Saved data entries:
***
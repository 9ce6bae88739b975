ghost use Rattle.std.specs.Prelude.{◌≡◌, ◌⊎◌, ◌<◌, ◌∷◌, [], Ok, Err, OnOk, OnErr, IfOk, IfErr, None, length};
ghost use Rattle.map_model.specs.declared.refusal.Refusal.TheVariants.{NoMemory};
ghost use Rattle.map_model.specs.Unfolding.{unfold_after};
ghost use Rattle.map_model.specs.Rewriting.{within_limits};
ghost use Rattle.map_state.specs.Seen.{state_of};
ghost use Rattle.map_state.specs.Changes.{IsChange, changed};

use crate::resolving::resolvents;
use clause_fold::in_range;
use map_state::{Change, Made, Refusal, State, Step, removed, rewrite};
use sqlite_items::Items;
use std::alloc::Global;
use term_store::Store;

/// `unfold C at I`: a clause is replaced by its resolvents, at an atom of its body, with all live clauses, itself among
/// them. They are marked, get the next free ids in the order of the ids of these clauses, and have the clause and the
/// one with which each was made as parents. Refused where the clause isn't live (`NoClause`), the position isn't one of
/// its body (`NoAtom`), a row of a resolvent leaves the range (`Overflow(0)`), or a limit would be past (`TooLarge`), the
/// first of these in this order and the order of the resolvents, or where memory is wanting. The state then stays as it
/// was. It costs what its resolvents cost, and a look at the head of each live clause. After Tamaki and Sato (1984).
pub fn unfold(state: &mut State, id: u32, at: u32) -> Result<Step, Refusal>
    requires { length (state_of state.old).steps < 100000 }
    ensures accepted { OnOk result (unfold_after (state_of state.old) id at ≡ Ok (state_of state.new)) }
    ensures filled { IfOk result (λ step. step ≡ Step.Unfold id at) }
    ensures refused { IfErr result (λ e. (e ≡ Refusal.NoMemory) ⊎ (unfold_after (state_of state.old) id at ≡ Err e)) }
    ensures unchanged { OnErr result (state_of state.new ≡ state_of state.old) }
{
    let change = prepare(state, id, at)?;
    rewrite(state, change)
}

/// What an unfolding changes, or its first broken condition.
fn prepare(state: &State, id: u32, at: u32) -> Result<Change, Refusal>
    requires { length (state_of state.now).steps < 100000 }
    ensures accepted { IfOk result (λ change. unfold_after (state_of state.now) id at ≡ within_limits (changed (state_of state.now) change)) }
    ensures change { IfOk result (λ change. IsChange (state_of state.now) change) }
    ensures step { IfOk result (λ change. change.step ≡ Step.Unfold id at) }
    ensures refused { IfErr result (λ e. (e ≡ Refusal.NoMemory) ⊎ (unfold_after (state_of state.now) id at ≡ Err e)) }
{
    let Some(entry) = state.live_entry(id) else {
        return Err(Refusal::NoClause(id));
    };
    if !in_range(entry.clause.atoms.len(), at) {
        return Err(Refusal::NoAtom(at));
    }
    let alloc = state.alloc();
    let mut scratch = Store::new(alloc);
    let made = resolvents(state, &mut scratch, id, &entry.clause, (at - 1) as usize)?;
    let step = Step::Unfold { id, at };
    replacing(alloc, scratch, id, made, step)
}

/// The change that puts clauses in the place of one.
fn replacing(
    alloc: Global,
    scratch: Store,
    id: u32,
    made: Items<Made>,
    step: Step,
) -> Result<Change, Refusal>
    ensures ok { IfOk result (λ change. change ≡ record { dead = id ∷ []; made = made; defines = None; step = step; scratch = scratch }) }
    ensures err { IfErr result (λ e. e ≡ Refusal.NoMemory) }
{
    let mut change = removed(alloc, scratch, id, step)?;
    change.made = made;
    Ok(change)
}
***
• [Task item] Would you write out each entry precisely as it is given?

• [Response box]
repository 9ce6bae88739b975
ghost use Rattle.std.specs.Prelude.{◌≡◌, ◌⊎◌, ◌<◌, ◌∷◌, [], Ok, Err, OnOk, OnErr, IfOk, IfErr, None, length};
ghost use Rattle.map_model.specs.declared.refusal.Refusal.TheVariants.{NoMemory};
ghost use Rattle.map_model.specs.Unfolding.{unfold_after};
ghost use Rattle.map_model.specs.Rewriting.{within_limits};
ghost use Rattle.map_state.specs.Seen.{state_of};
ghost use Rattle.map_state.specs.Changes.{IsChange, changed};

use crate::resolving::resolvents;
use clause_fold::in_range;
use map_state::{Change, Made, Refusal, State, Step, removed, rewrite};
use sqlite_items::Items;
use std::alloc::Global;
use term_store::Store;

/// `unfold C at I`: a clause is replaced by its resolvents, at an atom of its body, with all live clauses, itself among
/// them. They are marked, get the next free ids in the order of the ids of these clauses, and have the clause and the
/// one with which each was made as parents. Refused where the clause isn't live (`NoClause`), the position isn't one of
/// its body (`NoAtom`), a row of a resolvent leaves the range (`Overflow(0)`), or a limit would be past (`TooLarge`), the
/// first of these in this order and the order of the resolvents, or where memory is wanting. The state then stays as it
/// was. It costs what its resolvents cost, and a look at the head of each live clause. After Tamaki and Sato (1984).
pub fn unfold(state: &mut State, id: u32, at: u32) -> Result<Step, Refusal>
    requires { length (state_of state.old).steps < 100000 }
    ensures accepted { OnOk result (unfold_after (state_of state.old) id at ≡ Ok (state_of state.new)) }
    ensures filled { IfOk result (λ step. step ≡ Step.Unfold id at) }
    ensures refused { IfErr result (λ e. (e ≡ Refusal.NoMemory) ⊎ (unfold_after (state_of state.old) id at ≡ Err e)) }
    ensures unchanged { OnErr result (state_of state.new ≡ state_of state.old) }
{
    let change = prepare(state, id, at)?;
    rewrite(state, change)
}

/// What an unfolding changes, or its first broken condition.
fn prepare(state: &State, id: u32, at: u32) -> Result<Change, Refusal>
    requires { length (state_of state.now).steps < 100000 }
    ensures accepted { IfOk result (λ change. unfold_after (state_of state.now) id at ≡ within_limits (changed (state_of state.now) change)) }
    ensures change { IfOk result (λ change. IsChange (state_of state.now) change) }
    ensures step { IfOk result (λ change. change.step ≡ Step.Unfold id at) }
    ensures refused { IfErr result (λ e. (e ≡ Refusal.NoMemory) ⊎ (unfold_after (state_of state.now) id at ≡ Err e)) }
{
    let Some(entry) = state.live_entry(id) else {
        return Err(Refusal::NoClause(id));
    };
    if !in_range(entry.clause.atoms.len(), at) {
        return Err(Refusal::NoAtom(at));
    }
    let alloc = state.alloc();
    let mut scratch = Store::new(alloc);
    let made = resolvents(state, &mut scratch, id, &entry.clause, (at - 1) as usize)?;
    let step = Step::Unfold { id, at };
    replacing(alloc, scratch, id, made, step)
}

/// The change that puts clauses in the place of one.
fn replacing(
    alloc: Global,
    scratch: Store,
    id: u32,
    made: Items<Made>,
    step: Step,
) -> Result<Change, Refusal>
    ensures ok { IfOk result (λ change. change ≡ record { dead = id ∷ []; made = made; defines = None; step = step; scratch = scratch }) }
    ensures err { IfErr result (λ e. e ≡ Refusal.NoMemory) }
{
    let mut change = removed(alloc, scratch, id, step)?;
    change.made = made;
    Ok(change)
}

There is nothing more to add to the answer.